Datzenmike- thanks for the compliments sir, I've really fallen in love with her, which is good, because she's gonna need a Lotta love to get her up to my standards. There is a ground that runs from the starter to the side terminal of the batter, as well as the chassis ground. So good to know that's correct, the factory wiring diagram isn't very clear on that.

The voltage regulator is still there, and it resides under the plate/panel in front of the battery, I'd like to delete it, but as the alt was just replaced with an internally regulated unit (against my recommendations) I'm gonna leave it unit I need a new one or need more power.

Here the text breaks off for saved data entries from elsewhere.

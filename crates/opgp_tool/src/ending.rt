//! How a run ends: its exit status and its line on standard error.

ghost use Rattle.std.specs.Prelude.{◌≡◌, IfOk, IsOk, Ok, string_bytes};
ghost use Rattle.opgp_tool.specs.Ending.{status_of, line_of};

use opgp_octets::{OutOfMemory, fault_line};
use opgp_stack::RunFault;
use std::alloc::Global;

/// The exit status of a run, and the line that it prints, with its line feed; the line may be
/// empty.
///
/// Fails only when out of memory; a run that succeeded needs none.
pub fn end_of(alloc: Global, outcome: &Result<(), RunFault>) -> Result<(u8, String), OutOfMemory>
    ensures status { IfOk result (λ end. end.0 ≡ status_of outcome.now) }
    ensures line { IfOk result (λ end. string_bytes end.1 ≡ line_of outcome.now) }
    ensures succeeds { outcome.now ≡ Ok tt → IsOk result }
{
    let (status, line) = match outcome {
        Ok(()) => (0, String::new(alloc)),
        Err(RunFault::Refused(fault)) => {
            let mut line = fault_line(alloc, fault)?;
            line.push('\n')?;
            (1, line)
        }
        Err(RunFault::NoSuchRow) => (1, String::from_str(alloc, "opgp: no such row\n")?),
        Err(RunFault::NoSuchCertificate | RunFault::NoSuchKey(_)) => {
            (1, String::from_str(alloc, "opgp: no such certificate\n")?)
        }
        Err(RunFault::TooManySignatures) => {
            (1, String::from_str(alloc, "opgp: too many signatures\n")?)
        }
        Err(RunFault::OtherVerdicts) => {
            let line = "opgp: the verdicts aren't those of this keyring\n";
            (1, String::from_str(alloc, line)?)
        }
        Err(RunFault::Read) => (3, String::from_str(alloc, "opgp: read failed\n")?),
        Err(RunFault::Write) => (3, String::from_str(alloc, "opgp: write failed\n")?),
        Err(RunFault::Memory) => (3, String::from_str(alloc, "opgp: out of memory\n")?),
        Err(RunFault::Spool) => (3, String::from_str(alloc, "opgp: spool failed\n")?),
    };
    Ok((status, line))
}
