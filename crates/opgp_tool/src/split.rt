//! What the command `split` asks for.

ghost use Rattle.std.specs.Prelude.{◌≡◌, List, IfNone, IfOk, IfSome, codes, false, map, true};
ghost use Rattle.std.specs.List.{AllZip};
ghost use Rattle.clap.specs.Words.{found_of, rows_of};
ghost use Rattle.opgp_codec.specs.declared.mode.Mode.{Mode};
ghost use Rattle.opgp_octets.specs.declared.limits.Limits.{Limits};
ghost use Rattle.opgp_stack.specs.KeyText.{IsKeyText};
ghost use Rattle.opgp_stack.specs.declared.key_name.KeyName.{KeyName};
ghost use Rattle.opgp_tool.specs.Words.{HasKeys, IsSplit, IsSplitWork, SplitWork, names_keys};
ghost use Rattle.opgp_tool.specs.Words.{split_said};

use crate::task::{given_number_of, is_given, limits_of, mode_of, out_of, word_of};
use clap::ArgMatches;
use opgp_octets::{Limits, OutOfMemory};
use opgp_stack::{Action, KeyName, Mode, Out, Task};
use std::alloc::Global;

/// Which certificates are written, each as a block of its own.
#[derive(Drop)]
pub enum SplitAction<'a> {
    /// Every one, or that of a number.
    Number {
        /// How each is written.
        out: Out,
        /// The number, from 0; None: every one.
        nth: Option<u64>,
    },
    /// Those with keys of some names, or all but those.
    Keys {
        /// How each is written.
        out: Out,
        /// The names.
        keys: Vec<KeyName>,
        /// The name of a file of more names, if there is one.
        file: Option<&'a str>,
        /// Whether all but those are written.
        except: bool,
    },
}

/// Which of the certificates on standard input are written.
#[derive(Drop)]
pub struct SplitTask<'a> {
    /// How the keyring is read.
    pub mode: Mode,
    /// The limits of what is read.
    pub limits: Limits,
    /// Which certificates are written.
    pub action: SplitAction<'a>,
}

/// Whether keys are named, or a file of their names is.
fn names_keys(matches: &ArgMatches) -> bool
    ensures { result ≡ names_keys (rows_of (found_of matches.now)) }
{
    word_of(matches, "key").is_some() || word_of(matches, "keys").is_some()
}

/// The keys that texts name, if each names one. Fails only when out of memory.
fn keys_of(alloc: Global, texts: &[&str]) -> Result<Option<Vec<KeyName>>, OutOfMemory>
    ensures some { IfOk result (λ found. IfSome found (λ keys.
        AllZip IsKeyText (map (λ text. text.now) texts.now) keys.items)) }
    ensures none { IfOk result (λ found. IfNone found ((keys : List KeyName)
        → AllZip IsKeyText (map (λ text. text.now) texts.now) keys → ⊥)) }
{
    let mut keys = Vec::new(alloc);
    for text in texts {
        match KeyName::parse(text) {
            Some(key) => keys.push(key)?,
            None => return Ok(None),
        }
    }
    Ok(Some(keys))
}

/// The keys that `--key` names, if each of its texts names one. Fails only when out of memory.
fn keys_given(alloc: Global, matches: &ArgMatches) -> Result<Option<Vec<KeyName>>, OutOfMemory>
    ensures some { IfOk result (λ found. IfSome found (λ keys.
        HasKeys (rows_of (found_of matches.now)) keys.items)) }
    ensures none { IfOk result (λ found. IfNone found ((keys : List KeyName)
        → HasKeys (rows_of (found_of matches.now)) keys → ⊥)) }
{
    match matches.get_strs("key") {
        Some(texts) => keys_of(alloc, texts),
        None => Ok(Some(Vec::new(alloc))),
    }
}

/// What `split` writes where no key is named.
fn number_from<'a>(matches: &ArgMatches) -> Option<SplitAction<'a>>
    requires { names_keys (rows_of (found_of matches.now)) ≡ false }
    ensures some { IfSome result (λ action.
        IsSplitWork (rows_of (found_of matches.now)) (split_said action)) }
    ensures none { IfNone result ((work : SplitWork)
        → IsSplitWork (rows_of (found_of matches.now)) work → ⊥) }
{
    if is_given(matches, "except") {
        return None;
    }
    let nth = given_number_of(matches, "nth")?;
    Some(SplitAction::Number {
        out: out_of(matches),
        nth,
    })
}

/// What `split` writes where keys are named. Fails only when out of memory.
fn keys_from<'a>(
    alloc: Global,
    matches: &ArgMatches<'a>,
) -> Result<Option<SplitAction<'a>>, OutOfMemory>
    requires { names_keys (rows_of (found_of matches.now)) ≡ true }
    ensures some { IfOk result (λ found. IfSome found (λ action.
        IsSplitWork (rows_of (found_of matches.now)) (split_said action))) }
    ensures none { IfOk result (λ found. IfNone found ((work : SplitWork)
        → IsSplitWork (rows_of (found_of matches.now)) work → ⊥)) }
{
    if word_of(matches, "nth").is_some() {
        return Ok(None);
    }
    match keys_given(alloc, matches)? {
        Some(keys) => Ok(Some(SplitAction::Keys {
            out: out_of(matches),
            keys,
            file: word_of(matches, "keys"),
            except: is_given(matches, "except"),
        })),
        None => Ok(None),
    }
}

/// Which certificates `split` writes. Fails only when out of memory.
fn split_action_of<'a>(
    alloc: Global,
    matches: &ArgMatches<'a>,
) -> Result<Option<SplitAction<'a>>, OutOfMemory>
    ensures some { IfOk result (λ found. IfSome found (λ action.
        IsSplitWork (rows_of (found_of matches.now)) (split_said action))) }
    ensures none { IfOk result (λ found. IfNone found ((work : SplitWork)
        → IsSplitWork (rows_of (found_of matches.now)) work → ⊥)) }
{
    if names_keys(matches) {
        keys_from(alloc, matches)
    } else {
        Ok(number_from(matches))
    }
}

/// What `split` with these options writes. Fails only when out of memory.
pub(crate) fn split_from<'a>(
    alloc: Global,
    matches: &ArgMatches<'a>,
) -> Result<Option<SplitTask<'a>>, OutOfMemory>
    ensures some { IfOk result (λ found. IfSome found (λ task.
        IsSplit (codes "split") (rows_of (found_of matches.now)) task.mode task.limits
        (split_said task.action))) }
    ensures none { IfOk result (λ found. IfNone found ((mode : Mode) (limits : Limits)
        (work : SplitWork) → IsSplit (codes "split") (rows_of (found_of matches.now)) mode limits
        work → ⊥)) }
{
    let limits = match limits_of(matches) {
        Some(limits) => limits,
        None => return Ok(None),
    };
    match split_action_of(alloc, matches)? {
        Some(action) => Ok(Some(SplitTask {
            mode: mode_of(matches),
            limits,
            action,
        })),
        None => Ok(None),
    }
}
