//! What the command `state` asks for.

ghost use Rattle.std.specs.Prelude.{◌≡◌, ℕ, IfSome, IfNone, Option, codes, option_map};
ghost use Rattle.clap.specs.Words.{Text, first_of, found_of, rows_of};
ghost use Rattle.opgp_stack.specs.declared.stating.StateTask.{StateTask};
ghost use Rattle.opgp_tool.specs.Words.{HasTime, IsStates, IsStatesWith, reliance_of};

use crate::task::{is_given, limits_of, mode_of, word_of};
use clap::ArgMatches;
use opgp_stack::{Policy, StateTask, time_in};

/// How the parts of the keyring on standard input are judged, and by which verdicts.
#[derive(Clone, Copy)]
pub struct StatesTask<'a> {
    /// How the keyring is read and judged.
    pub task: StateTask,
    /// The name of the file of verdicts; None: what the signatures claim counts.
    pub verdicts: Option<&'a str>,
}

/// What is relied on.
fn policy_of(matches: &ArgMatches) -> Policy
    ensures { result
        ≡ reliance_of (first_of (codes "policy") (rows_of (found_of matches.now))) }
{
    match word_of(matches, "policy") {
        Some("any") => Policy::Any,
        _ => Policy::Usual,
    }
}

/// The time that `--at` says.
fn at_of(matches: &ArgMatches) -> Option<u64>
    ensures some { IfSome result (HasTime (rows_of (found_of matches.now))) }
    ensures none { IfNone result ((n : ℕ) → HasTime (rows_of (found_of matches.now)) n → ⊥) }
{
    match word_of(matches, "at") {
        Some(text) => time_in(text),
        None => None,
    }
}

/// How the parts of a keyring are judged by these options.
fn task_of_states(matches: &ArgMatches) -> Option<StateTask>
    ensures some { IfSome result (IsStatesWith (rows_of (found_of matches.now))) }
    ensures none { IfNone result ((task : StateTask)
        → IsStatesWith (rows_of (found_of matches.now)) task → ⊥) }
{
    let limits = limits_of(matches)?;
    let at = at_of(matches)?;
    Some(StateTask {
        mode: mode_of(matches),
        limits,
        policy: policy_of(matches),
        at,
        values: is_given(matches, "values"),
    })
}

/// What the command of this name with these options judges, if it is `state`.
pub(crate) fn states_from<'a>(name: &str, matches: &ArgMatches<'a>) -> Option<StatesTask<'a>>
    ensures some { IfSome result (λ s. IsStates name.now (rows_of (found_of matches.now)) s.task
        (option_map (λ word. word.now) s.verdicts)) }
    ensures none { IfNone result ((task : StateTask) (file : Option Text)
        → IsStates name.now (rows_of (found_of matches.now)) task file → ⊥) }
{
    match name {
        "state" => match task_of_states(matches) {
            Some(task) => Some(StatesTask {
                task,
                verdicts: word_of(matches, "verdicts"),
            }),
            None => None,
        },
        _ => None,
    }
}
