//! What the command `diff` asks for.

ghost use Rattle.std.specs.Prelude.{IfSome, IfNone};
ghost use Rattle.clap.specs.Words.{Text, found_of, rows_of};
ghost use Rattle.opgp_codec.specs.declared.mode.Mode.{Mode};
ghost use Rattle.opgp_octets.specs.declared.limits.Limits.{Limits};
ghost use Rattle.opgp_tool.specs.Words.{IsDifference};

use crate::task::{limits_of, mode_of, word_of};
use clap::ArgMatches;
use opgp_octets::Limits;
use opgp_stack::Mode;

/// How two keyrings are read, and where the old one is; the new one is on standard input.
#[derive(Clone, Copy)]
pub struct DifferenceTask<'a> {
    /// How both are read.
    pub mode: Mode,
    /// The limits of what is read of each.
    pub limits: Limits,
    /// The name of the old one's file.
    pub old: &'a str,
}

/// What the command of this name with these options compares, if it is `diff`.
pub(crate) fn difference_from<'a>(
    name: &str,
    matches: &ArgMatches<'a>,
) -> Option<DifferenceTask<'a>>
    ensures some { IfSome result (λ d. IsDifference name.now (rows_of (found_of matches.now))
        d.mode d.limits d.old.now) }
    ensures none { IfNone result ((mode : Mode) (limits : Limits) (old : Text)
        → IsDifference name.now (rows_of (found_of matches.now)) mode limits old → ⊥) }
{
    match name {
        "diff" => {
            let limits = limits_of(matches)?;
            let old = word_of(matches, "old")?;
            Some(DifferenceTask {
                mode: mode_of(matches),
                limits,
                old,
            })
        }
        _ => None,
    }
}
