//! Signatures that name a key as their issuer.

ghost use Rattle.std.specs.Prelude.{◌≡◌};
ghost use Rattle.opgp_packet.specs.SigView.{sig_view_value};
ghost use Rattle.opgp_report.specs.IssuerName.{name_value};
ghost use Rattle.opgp_report.specs.Named.{named_of};
ghost use Rattle.opgp_merge.specs.Chosen.{is_name_of};

use opgp_hash::{Fingerprint, KeyId};
use opgp_packet::SigView;
use opgp_report::{IssuerName, issuer_named};

/// The name that a signature gives its issuer: in version 3 its field of a key ID (RFC 9580,
/// 5.2.2), in versions 4 and 6 as a report reads it.
fn named_by(signature: SigView<'_>) -> IssuerName
    ensures { name_value result ≡ named_of (sig_view_value signature.entry) }
{
    match signature {
        SigView::Three(view) => IssuerName::Id(KeyId(view.issuer())),
        SigView::Four(_) | SigView::Six(_) | SigView::Other(_) => issuer_named(signature),
    }
}

/// Whether a signature names the key of this fingerprint as its issuer.
pub(crate) fn is_named_by(print: Fingerprint, signature: SigView<'_>) -> bool
    ensures { result ≡ is_name_of (named_of (sig_view_value signature.entry)) print }
{
    match named_by(signature) {
        IssuerName::Print(named) => match print {
            Fingerprint::Four(octets) => {
                named.version() == 4 && octets.as_slice() == named.octets()
            }
            Fingerprint::Six(octets) => named.version() == 6 && octets.as_slice() == named.octets(),
        },
        IssuerName::Id(id) => print.key_id().0 == id.0,
        IssuerName::Unnamed => false,
    }
}
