//! Certificates of which only bound components stay.

ghost use Rattle.std.specs.Prelude.{◌≡◌, IfOk, drop};
ghost use Rattle.opgp_keyring.specs.Keyring.{IsCertificate};
ghost use Rattle.opgp_report.specs.KeyIndex.{prints_shown};
ghost use Rattle.opgp_valid.specs.KnownKeys.{knowns};
ghost use Rattle.opgp_bound.specs.Bound.{bound_certificate, bound_keyring};
ghost use Rattle.opgp_bound.specs.Judged.{certificate_rows};

use crate::issuers::revocation_issuers;
use crate::keeping::keep;
use crate::role::Context;
use opgp_hash::Subject;
use opgp_keyring::{Certificate, Keyring};
use opgp_octets::OutOfMemory;
use opgp_report::{KeyIndex, Verdict, print_of};
use opgp_valid::KnownKeys;
use std::alloc::Global;

/// A certificate of which the bound components stay, by the verdicts from its first row on; and the
/// verdicts behind. Fails only when out of memory.
fn bound_certificate<'v>(
    alloc: Global,
    known: &KnownKeys,
    issuers: &KeyIndex,
    certificate: &Certificate,
    verdicts: &'v [Verdict],
) -> Result<(Certificate, &'v [Verdict]), OutOfMemory>
    ensures value { IfOk result (λ x. x.0 ≡ bound_certificate (knowns known.now)
        (prints_shown issuers.now) certificate.now verdicts.now) }
    ensures certificate { IfOk result (λ x. IsCertificate x.0) }
    ensures rest { IfOk result (λ x. x.1.now
        ≡ drop (certificate_rows certificate.now) verdicts.now) }
{
    let key = certificate.key();
    let context = Context {
        known,
        issuers,
        primary: print_of(&key),
    };
    let (hangs, rest) = context.judge_hangs(
        alloc,
        Subject::One(key),
        certificate.hangs(),
        verdicts,
    )?;
    let (components, rest) = context.judge_components(alloc, key, certificate.components(), rest)?;
    let kept = keep(alloc, certificate.primary(), &hangs, &components)?;
    Ok((kept, rest))
}

/// The keyring of whose certificates only bound components stay, and of self-signatures only
/// genuine ones, by these verdicts on the rows of its report (those behind are left out; a row
/// without one is undecided). What stays keeps its framing, and its order but for one sort of
/// packets.
///
/// - A *self-signature* is a certification, a subkey binding or a direct key signature (RFC 9580,
///   5.2.1.4 to 5.2.1.8, 5.2.1.10) that names the primary key of its certificate as its issuer. It
///   is *genuine* if the verdict on it is good, it is hashed over what it follows, and the first
///   key of the keyring that it names is the primary key. No signature of version 3 is.
/// - Genuine self-signatures stay, whatever they say and whatever time they state; others go.
/// - The primary key stays. A user ID, an attribute or a subkey stays if a genuine self-signature
///   is on it.
/// - A subkey also stays if a revocation is anywhere in the keyring whose verdict is good, and of
///   which the first key that it names has the subkey's fingerprint: without that key it would be
///   undecided. Revocations are of keys, subkeys or certifications (5.2.1.11 to 5.2.1.13).
/// - All other packets on what stays, stay: revocations, whatever the verdict on them, signatures
///   of others, malformed ones and fillers.
/// - Key revocations on a component that goes are put behind the packets on the primary key, in
///   their order: they are over that key alone, wherever they are (5.2.1.11, 5.2.4). All else on it
///   goes, too.
///
/// Neither a policy nor a time is asked, nor what is critical in a signature, nor the signature by
/// the subkey that its binding embeds (5.2.1.9).
///
/// Each key is hashed once, and a subkey once more; the rest of the work is linear in the keyring's
/// octets, but that an issuer is found in time that grows with the logarithm of the number of keys,
/// and a subkey with that of the number of revocations. What stays of a certificate is copied, and
/// then the certificate is freed. Fails only when out of memory.
pub fn keep_bound(
    alloc: Global,
    ring: Keyring,
    verdicts: &[Verdict],
) -> Result<Keyring, OutOfMemory>
    ensures { IfOk result (λ r. r ≡ bound_keyring ring verdicts.now) }
{
    let known = KnownKeys::of(alloc, &ring)?;
    let issuers = revocation_issuers(alloc, &known, &ring, verdicts)?;
    let (lead, certificates, _alloc) = ring.into_parts();
    let mut kept = Vec::new(alloc);
    let mut rest = verdicts;
    for certificate in certificates {
        let (bound, behind) = bound_certificate(alloc, &known, &issuers, &certificate, rest)?;
        kept.push(bound)?;
        rest = behind;
    }
    Ok(Keyring::new(alloc, lead, kept))
}
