//! A file without a name, in which a text is held.

ghost use Rattle.std.specs.Prelude.{◌≡◌, ◌≤◌, ◌<◌, ◌+◌, ◌-◌, ◌^◌, ◌||◌, [], ◌∷◌, length, min, take};
ghost use Rattle.std.specs.Prelude.{true, false};
ghost use Rattle.std.specs.Prelude.{IfOk, OnOk, Some};
ghost use Rattle.std.specs.Io.KnownBytes.{Appends, Keeps, ReadConsumes, WriteAppends};
ghost use Rattle.opgp_io.specs.Stream.{pull_fails, put_fails};
ghost use Rattle.opgp_tool.specs.SpoolFile.{IsBesideStreams, file_in, left_in, put_so_far};
ghost use Rattle.opgp_tool.specs.SpoolFile.{spool_failed};

use opgp_stack::{RunFault, Spool};
use std::alloc::Global;
use std::fs::{Files, OpenFile, OpenOptions, remove_file};
use std::io;
use std::io::{Read, Seek, SeekFrom, Write};
use std::os::fd::AsRawFd;
use std::os::unix::fs::OpenOptionsExt;

/// How many octets wait in memory to be written at once.
const WAITING: usize = 65_536;

/// How many names are tried for the file.
const NAMES: u32 = 1_000;

/// The last number of a standard stream: that of standard error.
const LAST_STREAM: i32 = 2;

/// A file that is filled, and then read again from its first octet.
#[derive(Drop)]
pub struct SpoolFile<F> {
    file: F,
    waiting: Vec<u8>,
    is_read: bool,
    has_failed: bool,
    /// How many octets were put and aren't read yet.
    left: u64,
}

/// Makes a new file in a directory, which only its owner may read, and takes its name away: so
/// nothing is left of it once the process ends, however that is.
///
/// The errors are `Spool`, if no file could be made there, and `Memory`.
pub fn open_spool<R: Files>(
    alloc: Global,
    files: &R,
    dir: &str,
) -> Result<SpoolFile<R::File>, RunFault>
where
    R::File: AsRawFd,
    ensures sound { IfOk result (λ spool. spool_failed spool ≡ false) }
    ensures beside { IfOk result (λ spool. IsBesideStreams (R.File.raw_fd (file_in spool))) }
{
    let waiting = match Vec::with_capacity(alloc, WAITING) {
        Ok(waiting) => waiting,
        Err(_) => return Err(RunFault::Memory),
    };
    match new_file(alloc, files, dir) {
        Ok(file) => Ok(SpoolFile {
            file,
            waiting,
            is_read: false,
            has_failed: false,
            left: 0,
        }),
        Err(error) if error.kind() == io::ErrorKind::OutOfMemory => Err(RunFault::Memory),
        Err(_) => Err(RunFault::Spool),
    }
}

/// The same open file by a number that no standard stream has. A file opened while a standard
/// stream is closed gets that stream's number: what is meant for the stream would go into the file,
/// or come from it.
pub(crate) fn beside_streams<F: OpenFile + AsRawFd + Drop>(file: F) -> io::Result<F>
    ensures { IfOk result (λ file. IsBesideStreams (F.raw_fd file)) }
{
    if file.as_raw_fd() > LAST_STREAM {
        return Ok(file);
    }
    let moved = file.try_clone()?;
    if moved.as_raw_fd() > LAST_STREAM {
        Ok(moved)
    } else {
        Err(io::Error::from(io::ErrorKind::Unsupported))
    }
}

/// A new file without a name.
fn new_file<R: Files>(alloc: Global, files: &R, dir: &str) -> io::Result<R::File>
where
    R::File: AsRawFd,
    ensures { IfOk result (λ file. IsBesideStreams (R.File.raw_fd file)) }
{
    for number in 0..NAMES {
        let path = match format!(in alloc; "{dir}/opgp-spool-{number}") {
            Ok(path) => path,
            Err(_) => return Err(io::Error::from(io::ErrorKind::OutOfMemory)),
        };
        let mut options = OpenOptions::new();
        options.read(true).write(true).create_new(true).mode(0o600);
        match options.open(files, path.as_str()) {
            Ok(file) => {
                remove_file(files, path.as_str())?;
                return beside_streams(file);
            }
            Err(error) if error.kind() == io::ErrorKind::AlreadyExists => {}
            Err(error) => return Err(error),
        }
    }
    Err(io::Error::from(io::ErrorKind::AlreadyExists))
}

impl<F: Read + Write + Seek> SpoolFile<F> {
    /// Writes what waits.
    fn flush(&mut self) -> io::Result<()>
        ensures same { spool_failed self.new ≡ spool_failed self.old }
        ensures left { left_in self.new ≡ left_in self.old }
        ensures put { OnOk result
            (Keeps (put_so_far F.contents self.old) (put_so_far F.contents self.new)) }
        ensures none { OnOk result (self.new.waiting.items ≡ []) }
    {
        self.file.write_all(self.waiting.as_slice())?;
        self.waiting.clear();
        Ok(())
    }

    /// Writes the first of the octets, or lets them wait.
    fn write(&mut self, octets: &[u8]) -> io::Result<usize>
        ensures bound { IfOk result (λ n. n ≤ length octets.now) }
        ensures same { spool_failed self.new ≡ spool_failed self.old }
        ensures left { left_in self.new ≡ left_in self.old }
        ensures put { IfOk result (λ n. Appends (put_so_far F.contents self.old)
            (put_so_far F.contents self.new) (take n octets.now)) }
    {
        if octets.len() > WAITING.saturating_sub(self.waiting.len()) {
            self.flush()?;
        }
        if octets.len() > WAITING {
            return self.file.write(octets);
        }
        match self.waiting.extend_from_slice(octets) {
            Ok(()) => Ok(octets.len()),
            Err(_) => Err(io::Error::from(io::ErrorKind::OutOfMemory)),
        }
    }

    /// Reads into the front of the buffer, from the first octet of the file on. A file that ends
    /// before what was put does is a failure.
    fn read(&mut self, buf: &mut [u8]) -> io::Result<usize>
        ensures bound { IfOk result (λ n. n ≤ length buf.new) }
        ensures same { spool_failed self.new ≡ spool_failed self.old }
        ensures left { IfOk result (λ n. left_in self.new ≡ left_in self.old - n) }
        ensures over { IfOk result (λ n. n ≡ 0 → 0 < length buf.new → left_in self.old ≡ 0) }
    {
        if !self.is_read {
            self.flush()?;
            self.file.seek(SeekFrom::Start(0))?;
            self.is_read = true;
        }
        let count = self.file.read(buf)?;
        if count == 0 && !buf.is_empty() && self.left > 0 {
            return Err(io::Error::from(io::ErrorKind::UnexpectedEof));
        }
        self.left = self.left.saturating_sub(count as u64);
        Ok(count)
    }
}

impl<F: Read + Write + Seek> Spool for SpoolFile<F> {
    ghost serves = { true };

    ghost tells = { false };

    ghost holds = { λ _. [] };

    ghost has_failed = { spool_failed };

    fn put(&mut self, octets: &[u8]) -> io::Result<usize>
        ensures bound { IfOk result (λ n. n ≤ length octets.now) }
        ensures octets { false ≡ true → WriteAppends (Some []) (Some []) result octets.now }
        ensures failed { spool_failed self.new
            ≡ (spool_failed self.old || put_fails result octets.now) }
        // Where it is known what a file holds: the octets go into the file, once and in order.
        ensures put { IfOk result (λ n. Appends (put_so_far F.contents self.old)
            (put_so_far F.contents self.new) (take n octets.now)) }
        ensures left { IfOk result (λ n. left_in self.new
            ≡ min (left_in self.old + n) (2 ^ 64 - 1)) }
    {
        match self.write(octets) {
            Ok(n) => {
                if n == 0 && !octets.is_empty() {
                    self.has_failed = true;
                }
                self.left = self.left.saturating_add(n as u64);
                Ok(n)
            }
            Err(error) => {
                self.has_failed = true;
                Err(error)
            }
        }
    }

    fn get(&mut self, buf: &mut [u8]) -> io::Result<usize>
        ensures bound { IfOk result (λ n. n ≤ length buf.new) }
        ensures octets { false ≡ true → ReadConsumes (Some []) (Some []) result buf.new }
        ensures failed { spool_failed self.new ≡ (spool_failed self.old || pull_fails result) }
        // What is taken is counted, and none is only where all that was put was taken.
        ensures left { IfOk result (λ n. left_in self.new ≡ left_in self.old - n) }
        ensures over { IfOk result (λ n. n ≡ 0 → 0 < length buf.new → left_in self.old ≡ 0) }
    {
        let result = self.read(buf);
        if result.is_err() {
            self.has_failed = true;
        }
        result
    }

    fn failed(&self) -> bool {
        self.has_failed
    }
}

As for the throttle body, I'll take a look at calibrating the TPS, is there a document that shows how to do that, or should I just find a 240Sx FSM and follow it's procedure for TPS calibration?

 

5150 WII - I'll give the harness a good look through and see if I can find any corrosion on the important connectors. Thanks for the tip!

 

Ericsb210 - The top photo you quoted is the starter ground that went to negative side battery terminal, the second quoted photo shows the chassis ground going to the top negative battery post, is wired a little weird. I'm going to move the battery to behind the passenger because I hate the factory position. The smaller red wire is the factory ground shown in the wiring manual, the one that has that quick disconnect.

 

Gotta go to work, I'll reply more on lunch or when I get home.